AIM OF THE TASK: From the first line to the last, restate the data word for word.

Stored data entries
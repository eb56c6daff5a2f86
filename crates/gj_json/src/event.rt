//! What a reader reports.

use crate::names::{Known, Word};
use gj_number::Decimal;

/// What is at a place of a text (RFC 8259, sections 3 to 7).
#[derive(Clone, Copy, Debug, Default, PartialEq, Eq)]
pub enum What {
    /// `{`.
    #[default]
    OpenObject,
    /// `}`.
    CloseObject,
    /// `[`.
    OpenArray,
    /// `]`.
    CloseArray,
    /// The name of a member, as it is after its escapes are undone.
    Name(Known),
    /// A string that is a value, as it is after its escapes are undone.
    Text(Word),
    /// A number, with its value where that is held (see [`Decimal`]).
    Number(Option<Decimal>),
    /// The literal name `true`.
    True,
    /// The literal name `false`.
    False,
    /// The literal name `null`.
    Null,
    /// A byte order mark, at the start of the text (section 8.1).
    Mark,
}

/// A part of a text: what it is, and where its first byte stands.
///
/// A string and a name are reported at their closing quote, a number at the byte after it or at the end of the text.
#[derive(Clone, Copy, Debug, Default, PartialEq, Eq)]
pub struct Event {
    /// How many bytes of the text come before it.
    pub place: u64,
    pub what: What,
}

ANSWER FOR THE TASK:
repository eb56c6daff5a2f86
filename crates/gj_json/src/event.rt
//! What a reader reports.

use crate::names::{Known, Word};
use gj_number::Decimal;

/// What is at a place of a text (RFC 8259, sections 3 to 7).
#[derive(Clone, Copy, Debug, Default, PartialEq, Eq)]
pub enum What {
    /// `{`.
    #[default]
    OpenObject,
    /// `}`.
    CloseObject,
    /// `[`.
    OpenArray,
    /// `]`.
    CloseArray,
    /// The name of a member, as it is after its escapes are undone.
    Name(Known),
    /// A string that is a value, as it is after its escapes are undone.
    Text(Word),
    /// A number, with its value where that is held (see [`Decimal`]).
    Number(Option<Decimal>),
    /// The literal name `true`.
    True,
    /// The literal name `false`.
    False,
    /// The literal name `null`.
    Null,
    /// A byte order mark, at the start of the text (section 8.1).
    Mark,
}

/// A part of a text: what it is, and where its first byte stands.
///
/// A string and a name are reported at their closing quote, a number at the byte after it or at the end of the text.
#[derive(Clone, Copy, Debug, Default, PartialEq, Eq)]
pub struct Event {
    /// How many bytes of the text come before it.
    pub place: u64,
    pub what: What,
}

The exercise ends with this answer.